» ASSIGNMENT
Each line of the data should be given again exactly.
————
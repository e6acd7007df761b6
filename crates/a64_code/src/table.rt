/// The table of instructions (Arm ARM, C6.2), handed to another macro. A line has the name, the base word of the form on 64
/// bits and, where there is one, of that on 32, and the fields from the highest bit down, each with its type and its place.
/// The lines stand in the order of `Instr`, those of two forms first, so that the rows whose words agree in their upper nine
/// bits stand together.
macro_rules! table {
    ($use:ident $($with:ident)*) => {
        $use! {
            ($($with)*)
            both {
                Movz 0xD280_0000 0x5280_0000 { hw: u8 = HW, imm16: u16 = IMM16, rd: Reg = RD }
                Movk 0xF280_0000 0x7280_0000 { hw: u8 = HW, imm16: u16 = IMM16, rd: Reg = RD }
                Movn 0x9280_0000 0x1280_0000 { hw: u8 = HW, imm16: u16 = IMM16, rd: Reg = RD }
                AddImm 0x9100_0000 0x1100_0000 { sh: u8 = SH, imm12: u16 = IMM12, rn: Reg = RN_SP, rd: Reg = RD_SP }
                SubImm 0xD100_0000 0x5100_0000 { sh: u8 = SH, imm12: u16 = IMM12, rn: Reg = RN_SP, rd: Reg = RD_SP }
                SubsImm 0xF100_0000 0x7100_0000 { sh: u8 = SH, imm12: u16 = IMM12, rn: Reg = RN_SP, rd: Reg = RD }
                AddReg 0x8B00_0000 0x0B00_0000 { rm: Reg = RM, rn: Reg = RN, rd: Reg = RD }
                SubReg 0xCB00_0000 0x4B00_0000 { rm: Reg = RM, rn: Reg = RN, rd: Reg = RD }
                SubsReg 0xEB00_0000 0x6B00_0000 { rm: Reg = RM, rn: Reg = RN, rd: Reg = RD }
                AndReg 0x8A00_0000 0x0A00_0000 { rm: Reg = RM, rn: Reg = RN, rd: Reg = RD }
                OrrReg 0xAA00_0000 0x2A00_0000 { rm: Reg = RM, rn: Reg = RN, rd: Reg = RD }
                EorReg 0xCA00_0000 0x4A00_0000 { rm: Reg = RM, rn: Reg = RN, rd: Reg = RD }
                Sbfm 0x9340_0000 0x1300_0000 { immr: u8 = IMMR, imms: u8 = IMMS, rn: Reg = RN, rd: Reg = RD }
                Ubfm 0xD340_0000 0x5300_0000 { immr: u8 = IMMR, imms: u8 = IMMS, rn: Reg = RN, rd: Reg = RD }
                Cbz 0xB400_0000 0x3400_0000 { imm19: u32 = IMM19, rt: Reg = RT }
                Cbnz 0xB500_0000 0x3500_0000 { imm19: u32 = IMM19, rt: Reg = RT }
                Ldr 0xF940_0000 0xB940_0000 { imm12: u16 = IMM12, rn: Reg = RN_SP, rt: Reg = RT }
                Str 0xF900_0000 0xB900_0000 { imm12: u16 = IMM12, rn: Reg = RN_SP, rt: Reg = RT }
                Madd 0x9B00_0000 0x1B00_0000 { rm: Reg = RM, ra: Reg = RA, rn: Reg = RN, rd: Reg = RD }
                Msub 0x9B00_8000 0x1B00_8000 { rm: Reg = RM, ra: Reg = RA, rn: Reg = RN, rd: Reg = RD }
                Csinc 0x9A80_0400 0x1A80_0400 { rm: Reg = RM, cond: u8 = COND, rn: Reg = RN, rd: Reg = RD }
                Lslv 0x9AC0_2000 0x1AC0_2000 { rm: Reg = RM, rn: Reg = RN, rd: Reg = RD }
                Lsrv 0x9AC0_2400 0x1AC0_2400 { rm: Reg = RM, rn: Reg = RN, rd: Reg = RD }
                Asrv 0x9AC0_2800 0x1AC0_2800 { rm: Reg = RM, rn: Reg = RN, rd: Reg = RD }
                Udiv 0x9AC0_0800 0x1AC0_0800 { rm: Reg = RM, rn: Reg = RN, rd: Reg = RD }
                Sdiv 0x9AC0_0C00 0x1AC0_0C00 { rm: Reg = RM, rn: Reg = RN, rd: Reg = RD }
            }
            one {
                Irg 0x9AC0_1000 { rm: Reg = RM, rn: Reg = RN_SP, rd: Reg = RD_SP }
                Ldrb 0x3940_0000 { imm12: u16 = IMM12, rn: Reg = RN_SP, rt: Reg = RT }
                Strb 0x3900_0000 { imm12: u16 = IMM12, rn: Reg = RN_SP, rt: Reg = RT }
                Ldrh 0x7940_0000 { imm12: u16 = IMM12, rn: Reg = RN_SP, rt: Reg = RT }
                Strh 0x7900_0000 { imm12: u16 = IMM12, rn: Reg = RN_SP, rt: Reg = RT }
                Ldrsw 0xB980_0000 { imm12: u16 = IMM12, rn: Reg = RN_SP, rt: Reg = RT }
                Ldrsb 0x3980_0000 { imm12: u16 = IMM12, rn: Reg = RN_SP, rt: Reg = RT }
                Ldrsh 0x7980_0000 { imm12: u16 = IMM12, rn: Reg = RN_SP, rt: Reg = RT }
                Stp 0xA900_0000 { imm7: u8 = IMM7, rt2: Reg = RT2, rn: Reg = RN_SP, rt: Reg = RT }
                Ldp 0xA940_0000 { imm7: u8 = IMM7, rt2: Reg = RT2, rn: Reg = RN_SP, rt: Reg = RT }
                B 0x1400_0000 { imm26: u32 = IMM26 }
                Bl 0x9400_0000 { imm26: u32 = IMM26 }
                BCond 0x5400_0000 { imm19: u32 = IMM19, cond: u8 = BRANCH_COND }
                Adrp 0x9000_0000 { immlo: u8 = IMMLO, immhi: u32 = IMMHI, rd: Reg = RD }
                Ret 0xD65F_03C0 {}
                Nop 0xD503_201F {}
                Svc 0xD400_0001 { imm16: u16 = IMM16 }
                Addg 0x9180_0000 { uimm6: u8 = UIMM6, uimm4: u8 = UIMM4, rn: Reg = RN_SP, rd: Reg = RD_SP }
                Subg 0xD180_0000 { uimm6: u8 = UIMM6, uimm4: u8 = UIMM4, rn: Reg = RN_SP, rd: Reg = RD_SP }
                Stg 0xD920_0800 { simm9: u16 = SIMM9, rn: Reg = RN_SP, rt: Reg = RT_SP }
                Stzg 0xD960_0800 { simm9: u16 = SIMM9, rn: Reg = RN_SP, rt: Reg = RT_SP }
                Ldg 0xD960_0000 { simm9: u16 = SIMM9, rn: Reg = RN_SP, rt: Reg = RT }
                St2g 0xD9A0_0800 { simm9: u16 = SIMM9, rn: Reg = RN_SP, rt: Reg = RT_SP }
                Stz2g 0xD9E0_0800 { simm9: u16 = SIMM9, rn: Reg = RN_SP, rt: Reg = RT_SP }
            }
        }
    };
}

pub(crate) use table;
————
» SOLUTION
repository e6acd7007df761b6
filename crates/a64_code/src/table.rt
/// The table of instructions (Arm ARM, C6.2), handed to another macro. A line has the name, the base word of the form on 64
/// bits and, where there is one, of that on 32, and the fields from the highest bit down, each with its type and its place.
/// The lines stand in the order of `Instr`, those of two forms first, so that the rows whose words agree in their upper nine
/// bits stand together.
macro_rules! table {
    ($use:ident $($with:ident)*) => {
        $use! {
            ($($with)*)
            both {
                Movz 0xD280_0000 0x5280_0000 { hw: u8 = HW, imm16: u16 = IMM16, rd: Reg = RD }
                Movk 0xF280_0000 0x7280_0000 { hw: u8 = HW, imm16: u16 = IMM16, rd: Reg = RD }
                Movn 0x9280_0000 0x1280_0000 { hw: u8 = HW, imm16: u16 = IMM16, rd: Reg = RD }
                AddImm 0x9100_0000 0x1100_0000 { sh: u8 = SH, imm12: u16 = IMM12, rn: Reg = RN_SP, rd: Reg = RD_SP }
                SubImm 0xD100_0000 0x5100_0000 { sh: u8 = SH, imm12: u16 = IMM12, rn: Reg = RN_SP, rd: Reg = RD_SP }
                SubsImm 0xF100_0000 0x7100_0000 { sh: u8 = SH, imm12: u16 = IMM12, rn: Reg = RN_SP, rd: Reg = RD }
                AddReg 0x8B00_0000 0x0B00_0000 { rm: Reg = RM, rn: Reg = RN, rd: Reg = RD }
                SubReg 0xCB00_0000 0x4B00_0000 { rm: Reg = RM, rn: Reg = RN, rd: Reg = RD }
                SubsReg 0xEB00_0000 0x6B00_0000 { rm: Reg = RM, rn: Reg = RN, rd: Reg = RD }
                AndReg 0x8A00_0000 0x0A00_0000 { rm: Reg = RM, rn: Reg = RN, rd: Reg = RD }
                OrrReg 0xAA00_0000 0x2A00_0000 { rm: Reg = RM, rn: Reg = RN, rd: Reg = RD }
                EorReg 0xCA00_0000 0x4A00_0000 { rm: Reg = RM, rn: Reg = RN, rd: Reg = RD }
                Sbfm 0x9340_0000 0x1300_0000 { immr: u8 = IMMR, imms: u8 = IMMS, rn: Reg = RN, rd: Reg = RD }
                Ubfm 0xD340_0000 0x5300_0000 { immr: u8 = IMMR, imms: u8 = IMMS, rn: Reg = RN, rd: Reg = RD }
                Cbz 0xB400_0000 0x3400_0000 { imm19: u32 = IMM19, rt: Reg = RT }
                Cbnz 0xB500_0000 0x3500_0000 { imm19: u32 = IMM19, rt: Reg = RT }
                Ldr 0xF940_0000 0xB940_0000 { imm12: u16 = IMM12, rn: Reg = RN_SP, rt: Reg = RT }
                Str 0xF900_0000 0xB900_0000 { imm12: u16 = IMM12, rn: Reg = RN_SP, rt: Reg = RT }
                Madd 0x9B00_0000 0x1B00_0000 { rm: Reg = RM, ra: Reg = RA, rn: Reg = RN, rd: Reg = RD }
                Msub 0x9B00_8000 0x1B00_8000 { rm: Reg = RM, ra: Reg = RA, rn: Reg = RN, rd: Reg = RD }
                Csinc 0x9A80_0400 0x1A80_0400 { rm: Reg = RM, cond: u8 = COND, rn: Reg = RN, rd: Reg = RD }
                Lslv 0x9AC0_2000 0x1AC0_2000 { rm: Reg = RM, rn: Reg = RN, rd: Reg = RD }
                Lsrv 0x9AC0_2400 0x1AC0_2400 { rm: Reg = RM, rn: Reg = RN, rd: Reg = RD }
                Asrv 0x9AC0_2800 0x1AC0_2800 { rm: Reg = RM, rn: Reg = RN, rd: Reg = RD }
                Udiv 0x9AC0_0800 0x1AC0_0800 { rm: Reg = RM, rn: Reg = RN, rd: Reg = RD }
                Sdiv 0x9AC0_0C00 0x1AC0_0C00 { rm: Reg = RM, rn: Reg = RN, rd: Reg = RD }
            }
            one {
                Irg 0x9AC0_1000 { rm: Reg = RM, rn: Reg = RN_SP, rd: Reg = RD_SP }
                Ldrb 0x3940_0000 { imm12: u16 = IMM12, rn: Reg = RN_SP, rt: Reg = RT }
                Strb 0x3900_0000 { imm12: u16 = IMM12, rn: Reg = RN_SP, rt: Reg = RT }
                Ldrh 0x7940_0000 { imm12: u16 = IMM12, rn: Reg = RN_SP, rt: Reg = RT }
                Strh 0x7900_0000 { imm12: u16 = IMM12, rn: Reg = RN_SP, rt: Reg = RT }
                Ldrsw 0xB980_0000 { imm12: u16 = IMM12, rn: Reg = RN_SP, rt: Reg = RT }
                Ldrsb 0x3980_0000 { imm12: u16 = IMM12, rn: Reg = RN_SP, rt: Reg = RT }
                Ldrsh 0x7980_0000 { imm12: u16 = IMM12, rn: Reg = RN_SP, rt: Reg = RT }
                Stp 0xA900_0000 { imm7: u8 = IMM7, rt2: Reg = RT2, rn: Reg = RN_SP, rt: Reg = RT }
                Ldp 0xA940_0000 { imm7: u8 = IMM7, rt2: Reg = RT2, rn: Reg = RN_SP, rt: Reg = RT }
                B 0x1400_0000 { imm26: u32 = IMM26 }
                Bl 0x9400_0000 { imm26: u32 = IMM26 }
                BCond 0x5400_0000 { imm19: u32 = IMM19, cond: u8 = BRANCH_COND }
                Adrp 0x9000_0000 { immlo: u8 = IMMLO, immhi: u32 = IMMHI, rd: Reg = RD }
                Ret 0xD65F_03C0 {}
                Nop 0xD503_201F {}
                Svc 0xD400_0001 { imm16: u16 = IMM16 }
                Addg 0x9180_0000 { uimm6: u8 = UIMM6, uimm4: u8 = UIMM4, rn: Reg = RN_SP, rd: Reg = RD_SP }
                Subg 0xD180_0000 { uimm6: u8 = UIMM6, uimm4: u8 = UIMM4, rn: Reg = RN_SP, rd: Reg = RD_SP }
                Stg 0xD920_0800 { simm9: u16 = SIMM9, rn: Reg = RN_SP, rt: Reg = RT_SP }
                Stzg 0xD960_0800 { simm9: u16 = SIMM9, rn: Reg = RN_SP, rt: Reg = RT_SP }
                Ldg 0xD960_0000 { simm9: u16 = SIMM9, rn: Reg = RN_SP, rt: Reg = RT }
                St2g 0xD9A0_0800 { simm9: u16 = SIMM9, rn: Reg = RN_SP, rt: Reg = RT_SP }
                Stz2g 0xD9E0_0800 { simm9: u16 = SIMM9, rn: Reg = RN_SP, rt: Reg = RT_SP }
            }
        }
    };
}

pub(crate) use table;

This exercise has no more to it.